Formative evaluation focused on levers, such as instructor performance, can drive continuous improvement and optimize the learning process and its outcomes. Every L&D program is different, so tailor the process as needed and let your findings guide its implementation. Before you get started, however, it is important to do the prep-work:
• Ask if the training program is meeting its objectives. Asking questions about effectiveness allows stakeholders to identify gaps between actual and desired outcomes linked to their roles and objectives. Prioritize outcomes desired by multiple stakeholders. If there are no gaps, stop. If stakeholders are satisfied with current performance, stop.
• Ask if there is opportunity for improvement. Then, determine if improvement is possible given the context, stakeholders’ cooperation and the outcome’s measurement. If not, stop.

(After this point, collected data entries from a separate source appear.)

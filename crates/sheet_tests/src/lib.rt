//! Tests of filing and clearing, on sheets written by hand.
#![tactic(auto)]

#[cfg(test)]
mod tests {
    use fault::{Fault, Layer, Refusal};
    use number::Fraction;
    use sheet::{ClearedSheet, FiledSheet, Instruction};
    use std::process::Abort;
    use std::test::Fail;

    // The trailer: the distances of the constants and of the instructions, and their counts.
    fn trailer(
        constants_far: u32,
        instructions_far: u32,
        constants: u16,
        instructions: u16,
    ) -> [u8; 12] {
        let [a, b, c, d] = constants_far.to_le_bytes();
        let [e, f, g, h] = instructions_far.to_le_bytes();
        let [i, j] = constants.to_le_bytes();
        let [k, l] = instructions.to_le_bytes();
        [a, b, c, d, e, f, g, h, i, j, k, l]
    }

    // The bytes end with the part.
    fn put_last<'a, I: DoubleEndedIterator<Item = &'a u8>>(bytes: &mut [u8], part: I)
        requires { I.can_next_back part }
    {
        for (to, byte) in bytes.iter_mut().rev().zip(part.rev()) {
            *to = *byte;
        }
    }

    // A sheet of 64 bytes: the constants and the instructions stand at its end.
    fn sheet(constants: &[u8], instructions: &[u8]) -> [u8; 64] {
        let k = (constants.len() & 0xff) as u16;
        let n = (instructions.len() & 0xff) as u16;
        let far = 12 + u32::from(n);
        let trailer = trailer(far + u32::from(k), far, k / 8, n / 2);
        let parts = constants.iter().chain(instructions).chain(&trailer);
        let mut bytes = [0; 64];
        put_last(&mut bytes, parts);
        bytes
    }

    fn filing(bytes: &[u8]) -> Option<Refusal> {
        FiledSheet::file(bytes).err().map(|fault| fault.refusal())
    }

    fn clearing(bytes: &[u8]) -> Option<Refusal> {
        match FiledSheet::file(bytes) {
            Ok(sheet) => sheet
                .clear()
                .err()
                .map(|uncleared| uncleared.fault.refusal()),
            Err(fault) => Some(fault.refusal()),
        }
    }

    // the number as it is documented
    fn refused(layer: Layer, number: u8, place: u64) -> Option<Refusal> {
        Some(Refusal::new(layer, number, place))
    }

    #[test]
    fn lengths(rt: HostRuntime) {
        assert_eq!(rt; filing(&[0; 11]), refused(Layer::Filing, 1, 11));
        // long enough, but without an instruction
        assert_eq!(rt; filing(&[0; 12]), refused(Layer::Filing, 2, 1));
        assert_eq!(rt; filing(&[0; 32768]), refused(Layer::Filing, 2, 1));
        assert_eq!(rt; filing(&[0; 32769]), refused(Layer::Filing, 1, 32769));
    }

    #[test]
    fn instruction_counts(rt: HostRuntime) {
        let mut one = [0; 14];
        put_last(&mut one, trailer(14, 14, 0, 1).iter());
        assert_eq!(rt; filing(&one), None);
        let mut many = [0; 8204];
        put_last(&mut many, trailer(8204, 8204, 0, 4096).iter());
        assert_eq!(rt; filing(&many), None);
        let mut over = [0; 8206];
        put_last(&mut over, trailer(8206, 8206, 0, 4097).iter());
        assert_eq!(rt; filing(&over), refused(Layer::Filing, 2, 1));
    }

    #[test]
    fn constant_counts(rt: HostRuntime) {
        let mut many = [0; 526];
        put_last(&mut many, trailer(526, 14, 64, 1).iter());
        assert_eq!(rt; filing(&many), None);
        let mut over = [0; 534];
        put_last(&mut over, trailer(534, 14, 65, 1).iter());
        assert_eq!(rt; filing(&over), refused(Layer::Filing, 2, 0));
        // the constants are counted first
        put_last(&mut over, trailer(534, 14, 65, 0).iter());
        assert_eq!(rt; filing(&over), refused(Layer::Filing, 2, 0));
    }

    #[test]
    fn distances(rt: HostRuntime) {
        let mut bytes = [0; 40];
        put_last(&mut bytes, trailer(40, 15, 1, 2).iter());
        assert_eq!(rt; filing(&bytes), refused(Layer::Filing, 3, 0));
        put_last(&mut bytes, trailer(23, 16, 1, 2).iter());
        assert_eq!(rt; filing(&bytes), refused(Layer::Filing, 3, 1));
        put_last(&mut bytes, trailer(24, 16, 1, 2).iter());
        assert_eq!(rt; filing(&bytes), None);
        put_last(&mut bytes, trailer(41, 16, 1, 2).iter());
        assert_eq!(rt; filing(&bytes), refused(Layer::Filing, 3, 1));
        // the instructions come first
        put_last(&mut bytes, trailer(41, 15, 1, 2).iter());
        assert_eq!(rt; filing(&bytes), refused(Layer::Filing, 3, 0));
        // in 32 bits this distance and 16 would be 0
        put_last(&mut bytes, trailer(40, 0xffff_fff0, 2, 2).iter());
        assert_eq!(rt; filing(&bytes), refused(Layer::Filing, 3, 1));
    }

    #[test]
    fn constants(rt: HostRuntime) {
        let one = [1, 0, 0, 0, 1, 0, 0, 0, 1, 0, 0, 0, 0xff, 0xff, 0xff, 0x7f];
        let zero = [1, 0, 0, 0, 1, 0, 0, 0, 1, 0, 0, 0, 0, 0, 0, 0];
        let over = [1, 0, 0, 0, 0, 0, 0, 0x80, 1, 0, 0, 0, 0, 0, 0, 0];
        assert_eq!(rt; clearing(&sheet(&one, &[0x02, 1, 0x03, 0])), None);
        // before the instructions, which are at fault too
        assert_eq!(rt;
            clearing(&sheet(&zero, &[0x00, 0])),
            refused(Layer::Clearing, 4, 1)
        );
        assert_eq!(rt;
            clearing(&sheet(&over, &[0x02, 0, 0x03, 0])),
            refused(Layer::Clearing, 4, 0)
        );
        assert_eq!(rt;
            clearing(&sheet(&one, &[0x02, 2, 0x03, 0])),
            refused(Layer::Clearing, 6, 0)
        );
    }

    #[test]
    fn instructions(rt: HostRuntime) {
        assert_eq!(rt; clearing(&sheet(&[], &[0x01, 31, 0x03, 31])), None);
        assert_eq!(rt;
            clearing(&sheet(&[], &[0x01, 0, 0x18, 9])),
            refused(Layer::Clearing, 5, 1)
        );
        assert_eq!(rt;
            clearing(&sheet(&[], &[0x01, 32, 0x18, 0])),
            refused(Layer::Clearing, 6, 0)
        );
        assert_eq!(rt;
            clearing(&sheet(&[], &[0x01, 0, 0x03, 32])),
            refused(Layer::Clearing, 6, 1)
        );
        assert_eq!(rt;
            clearing(&sheet(&[], &[0x01, 0, 0x04, 1])),
            refused(Layer::Clearing, 6, 1)
        );
        assert_eq!(rt;
            clearing(&sheet(&[], &[0x17, 32])),
            refused(Layer::Clearing, 6, 0)
        );
        assert_eq!(rt;
            clearing(&sheet(&[], &[0x01, 0, 0x04, 0])),
            refused(Layer::Clearing, 7, 1)
        );
        assert_eq!(rt;
            clearing(&sheet(&[], &[0x01, 0, 0x0f, 0, 0x16, 0])),
            refused(Layer::Clearing, 7, 2)
        );
        assert_eq!(rt;
            clearing(&sheet(&[], &[0x01, 0])),
            refused(Layer::Clearing, 8, 1)
        );
        assert_eq!(rt;
            clearing(&sheet(&[], &[0x01, 0, 0x0f, 0, 0x10, 0])),
            refused(Layer::Clearing, 8, 3)
        );
    }

    // What is read of a cleared sheet: depths 2 and 1; line 0 is read first, line 1 is kept before it is read.
    fn look(rt: &impl Abort, sheet: ClearedSheet) -> Result<(), Fail> {
        assert_eq!(rt; sheet.len(), 8);
        assert_eq!(rt;
            sheet.instruction(0),
            Some(Instruction::Constant(Fraction { p: -3, q: 2 }))
        );
        assert_eq!(rt; sheet.instruction(1), Some(Instruction::Keep(1)));
        assert_eq!(rt; sheet.instruction(4), Some(Instruction::AtMost));
        assert_eq!(rt; sheet.instruction(7), Some(Instruction::Keep(0)));
        assert_eq!(rt; sheet.instruction(8), None);
        assert_eq!(rt; sheet.instructions().count(), 8);
        assert_eq!(rt; sheet.instructions().last(), Some(Instruction::Keep(0)));
        assert_eq!(rt; sheet.range_depth(), 2);
        assert_eq!(rt; sheet.verdict_depth(), 1);
        assert!(rt; sheet.reads(0) && !sheet.reads(1));
        assert!(rt; !sheet.reads(2) && !sheet.reads(200));
        assert_eq!(rt; sheet.into_bytes().len(), 64);
        Ok(())
    }

    #[test]
    fn looks(rt: HostRuntime) -> Result<(), Fail> {
        let constant = [0xfd, 0xff, 0xff, 0xff, 2, 0, 0, 0];
        let bytes = sheet(
            &constant,
            &[
                0x02, 0, 0x03, 1, 0x01, 0, 0x01, 1, 0x11, 0, 0x17, 3, 0x01, 0, 0x03, 0,
            ],
        );
        match FiledSheet::file(&bytes)?.clear() {
            Ok(sheet) => look(&rt, sheet),
            Err(_) => Err(Fail::new("refused")),
        }
    }

    #[test]
    fn longest(rt: HostRuntime) {
        let mut bytes = [0; 8204];
        // line 0 is put, and kept, over and over
        for (to, byte) in bytes.iter_mut().zip([0x01, 0, 0x03, 0].iter().cycle()) {
            *to = *byte;
        }
        put_last(&mut bytes, trailer(8204, 8204, 0, 4096).iter());
        assert_eq!(rt; clearing(&bytes), None);
    }
}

• Develop questions related to improvement, such as “How can I impact the focal outcome?” or “What factors drive the focal outcome?” Training effectiveness research and models identify factors that typically influence learning outcomes. Statistical techniques can identify sources that influence outcome measures to narrow the candidates. Instructor performance is just one potential factor. Select factors to investigate that are easily measured.
• Develop and pilot metrics for the selected factors, choosing the most appropriate data sources, measurement methods and collection times to test the impact on the focal outcome. Determine if the metrics function as designed, meeting both validity and reliability standards. If not, repeat until they do.
• Collect and analyze data on these metrics along with learning outcomes. Determine if there is a relationship between the factor(s) and learning outcome(s). If not, stop.
• Determine if the factor is suitable to be used in an intervention. Is the factor actionable? Does the factor’s measurement occur before the focal outcome’s measurement? Is there time for a change in the factor to impact the outcome? Determine if the evidence supports use of the factor as an intervention. If not, stop.
• Develop and implement an analytics intervention to improve the relevant factors and associated outcomes. Evaluate and adjust over time.
Our case demonstrates the “two questions” approach in driving evaluation, analytics and feedback practice. Specifically, it provides an example of how instructor performance was identified as a key lever impacting learning, and how instructor performance measurement, analytics and feedback were used to improve instruction and its impact on learning outcomes.
Instructors are impact multipliers through their influence on learners, and need insights, tools and support to maximize their impact. Analytics help supervisors have timely performance conversations, coach instructors and provide support based on data and insights. Ultimately, analytics and development tools provide instructors agency over their professional and career development. Timely, analytics-based feedback empowers instructors to adjust their practice in process, sharpen their craft and create more value for themselves, their learners and their employers.